Thank you so much for your patience, Dr. Carpenter. I wonder if we could move this on-going discussion into a private conversation?
Regards to your question: A is a matrix defined as follows (nrow = 16, ncol=24):

A = matrix(c(1,1,1,0,0,0,0,0,0,0,0,0,0,0,0,0,0,0,0,0,0,0,0,0,
0,0,0,1,0,0,1,0,0,1,0,0,0,0,0,0,0,0,0,0,0,0,0,0,
0,0,0,1,1,1,0,0,0,0,0,0,0,0,0,0,0,0,0,0,0,0,0,0,
1,0,0,0,0,0,0,0,0,0,1,0,0,0,0,0,0,0,0,0,0,0,0,0,
0,0,0,0,0,0,1,1,1,0,0,0,0,0,0,0,0,0,0,0,0,0,0,0,
0,1,0,0,1,0,0,0,0,0,0,1,0,0,0,0,0,0,0,0,0,0,0,0,
0,0,0,0,0,0,0,0,0,1,1,1,0,0,0,0,0,0,0,0,0,0,0,0,
0,0,1,0,0,1,0,0,1,0,0,0,0,0,0,0,0,0,0,0,0,0,0,0,
0,0,0,0,0,0,0,0,0,0,0,0,1,1,1,0,0,0,0,0,0,0,0,0,
0,0,0,0,0,0,0,0,0,0,0,0,0,0,0,0,0,1,1,0,0,0,1,0,
0,0,0,0,0,0,0,0,0,0,0,0,0,0,0,0,0,0,1,1,1,0,0,0,
0,0,0,0,0,0,0,0,0,0,0,0,1,0,0,1,0,0,0,0,0,1,0,0,
0,0,0,0,0,0,0,0,0,0,0,0,0,1,0,0,1,0,0,1,0,0,0,0,
0,0,0,0,0,0,0,0,0,0,0,0,0,0,0,0,0,0,0,0,0,1,1,1,
0,0,0,0,0,0,0,0,0,0,0,0,0,0,0,1,1,1,0,0,0,0,0,0,
0,0,0,0,0,0,0,0,0,0,0,0,0,0,1,0,0,0,0,0,1,0,0,1),
nrow, ncol, byrow= TRUE);


sigma_theta = sigma*I where I = identity column vector with size nrow x 1 = 16x1,` and sigma is some positive constant (choose anything, really).

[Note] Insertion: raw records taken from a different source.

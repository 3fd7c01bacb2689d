//! Locales as names of members.
ghost use Rattle.std.specs.Prelude.{◌≡◌};
ghost use Rattle.icu_tables.specs.Names.{locale_key, script_and_region};

use crate::from_json::keys::RowKey;
use crate::from_json::members::NamesKeys;
use icu_locale_core::{Language, Region, Script};
use icu_provider::DataLocale;

// A locale in written form.
pub(crate) fn locale_named(name: &str) -> Option<DataLocale>
    ensures { result ≡ locale_key name.now }
{
    match name.split_once('-') {
        Some((first, rest)) => {
            let language = Language::from_name(first)?;
            let (script, region) = script_and_region(rest)?;
            Some(DataLocale {
                language,
                script,
                region,
            })
        }
        None => Some(DataLocale {
            language: Language::from_name(name)?,
            script: None,
            region: None,
        }),
    }
}

// What follows the language: a script, a region, or both.
fn script_and_region(text: &str) -> Option<(Option<Script>, Option<Region>)>
    ensures { result ≡ script_and_region text.now }
{
    if let Some(script) = Script::from_name(text) {
        return Some((Some(script), None));
    }
    if let Some(region) = Region::from_name(text) {
        return Some((None, Some(region)));
    }
    let (script, region) = <(Script, Region)>::from_name(text)?;
    Some((Some(script), Some(region)))
}

// Locales as keys.
#[derive(Clone, Copy)]
pub(crate) struct Locales;

impl NamesKeys<DataLocale> for Locales {
    ghost use Rattle.icu_tables.specs.Names.{locale_key};

    ghost key = { λ _. locale_key };

    fn key_named(&self, name: &str) -> Option<DataLocale> {
        locale_named(name)
    }
}
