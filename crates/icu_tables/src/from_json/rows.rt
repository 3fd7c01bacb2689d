//! Maps that are made of rows.
ghost use Rattle.std.specs.Prelude.{◌≡◌, [], IfOk, IfSome, option_map};
ghost use Rattle.std.specs.Bool.{MatchBool};
ghost use Rattle.std.specs.declared.cmp.Ordering.TheVariants.{Less};
ghost use Rattle.icu_provider.specs.SortedMaps.{IsSortedMap};
ghost use Rattle.icu_tables.specs.Puts.{put_all};

use icu_provider::{Marked, NotedMap, SortedMap};
use std::alloc::{AllocError, Global};
use std::cmp::{Ord, Ordering};
use std::collections::BTreeMap;

// A map that is made of rows whose keys rise.
pub(crate) trait FromRows<K: Ord, V>: Drop {
    ghost use Rattle.std.specs.Prelude.{◌≡◌, List, IfOk};
    ghost use Rattle.icu_provider.specs.SortedMaps.{IsSortedMap};

    ghost kept: { Self → List (K × V) };

    fn from_rows(alloc: Global, rows: Vec<(K, V)>) -> Result<Self, AllocError>
        requires { IsSortedMap K.cmp rows.items }
        ensures { IfOk result (λ map. Self.kept map ≡ rows.items) };
}

impl<K: Ord + Drop, V: Drop> FromRows<K, V> for SortedMap<K, V> {
    ghost kept = { λ map. map };

    fn from_rows(_alloc: Global, rows: Vec<(K, V)>) -> Result<Self, AllocError>
        requires { IsSortedMap K.cmp rows.items }
        ensures { IfOk result (λ map. map ≡ rows.items) }
    {
        Ok(SortedMap::from_sorted(rows))
    }
}

impl<K: Marked + Drop, V: Drop> FromRows<K, V> for NotedMap<K, V> {
    ghost kept = { λ map. map };

    fn from_rows(alloc: Global, rows: Vec<(K, V)>) -> Result<Self, AllocError>
        requires { IsSortedMap K.cmp rows.items }
        ensures { IfOk result (λ map. map ≡ rows.items) }
    {
        NotedMap::try_from_sorted(alloc, rows)
    }
}

// The rows of a list as a map: of two rows with one key the later counts.
pub(crate) fn settled<K: Ord + Drop, V: Drop, M: FromRows<K, V>>(
    alloc: Global,
    rows: Vec<(K, V)>,
) -> Result<M, AllocError>
    ensures { IfOk result (λ map. M.kept map ≡ put_all K.cmp [] rows.items) }
{
    if keys_rise(&rows) {
        return M::from_rows(alloc, rows);
    }
    settled_in_order(alloc, rows)
}

// The same, where the keys do not rise. The sort keeps runs of keys that rise, and merges them. Where two rows have
// one key, a tree drops the first.
fn settled_in_order<K: Ord + Drop, V: Drop, M: FromRows<K, V>>(
    alloc: Global,
    mut rows: Vec<(K, V)>,
) -> Result<M, AllocError>
    ensures { IfOk result (λ map. M.kept map ≡ put_all K.cmp [] rows.items) }
{
    rows.sort_by(by_key)?;
    if keys_rise(&rows) {
        return M::from_rows(alloc, rows);
    }
    in_one_list(alloc, tree_of(alloc, rows)?)
}

// How rows compare by their keys.
#[inline(always)]
fn by_key<K: Ord, V>(a: &(K, V), b: &(K, V)) -> Ordering
    ensures { result ≡ K.cmp a.now.0 b.now.0 }
{
    a.0.cmp(&b.0)
}

// Whether the keys of rows rise.
fn keys_rise<K: Ord, V>(rows: &[(K, V)]) -> bool
    ensures { MatchBool result (IsSortedMap K.cmp rows.now) (Unit {0}) }
{
    let mut before = None;
    for (key, _) in rows {
        if !is_key_above(before, key) {
            return false;
        }
        before = Some(key);
    }
    true
}

// Whether a key comes after the one before it, if there is one.
#[inline(always)]
fn is_key_above<K: Ord>(before: Option<&K>, key: &K) -> bool
    ensures { MatchBool result (IfSome before.entry (λ before. K.cmp before.now key.now ≡ Less))
        (Unit {0}) }
{
    match before {
        Some(before) => before.cmp(key).is_lt(),
        None => true,
    }
}

// The map of rows, put one after another.
fn tree_of<K: Ord + Drop, V: Drop>(
    alloc: Global,
    rows: Vec<(K, V)>,
) -> Result<BTreeMap<K, V>, AllocError>
    ensures { IfOk result (λ map. map.entries ≡ put_all K.cmp [] rows.items) }
{
    let mut map = BTreeMap::new(alloc);
    for (key, value) in rows {
        let _ = map.insert(key, value)?;
    }
    Ok(map)
}

// The rows of a map in one list.
pub(crate) fn in_one_list<K: Ord + Drop, V: Drop, M: FromRows<K, V>>(
    alloc: Global,
    map: BTreeMap<K, V>,
) -> Result<M, AllocError>
    ensures { IfOk result (λ rows. M.kept rows ≡ map.entries) }
{
    let mut rows = Vec::with_capacity(alloc, map.len())?;
    for row in map {
        rows.push(row)?;
    }
    M::from_rows(alloc, rows)
}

I am really sorry for your poor experience with my question. But I indeed addressed all the components that you asked in multiple times above, when other users also asked me about them. I thought you would read them, but my apology for making that assumption. Please let me know if this is good enough for you to lend a hand on helping me implement the code?

No, I don’t want to move this private.

What I’m asking for is a single post that defines the density with all of the components so I don’t have to work back through the 35 posts in this thread piecing it together like a puzzle.

What I need is

• density function defined as a function of the parameters and data
• sizes and shapes for all variables
• distinction between which variables are data (known) and which are parameters (unknown)

From that, I can write a Stan program in no time at all. Without that, it’s guesswork.

Sure. I would create another thread, and tag you now. What do you meant with “shape of all variables?” I know they are column vectors, but that’s about all I could say regards to this question.

Yes, that’s what I mean by shape — scalar, vector, matrix, etc.

I am waiting for your help here Sir: A hard modeling problem using Bayesian inference.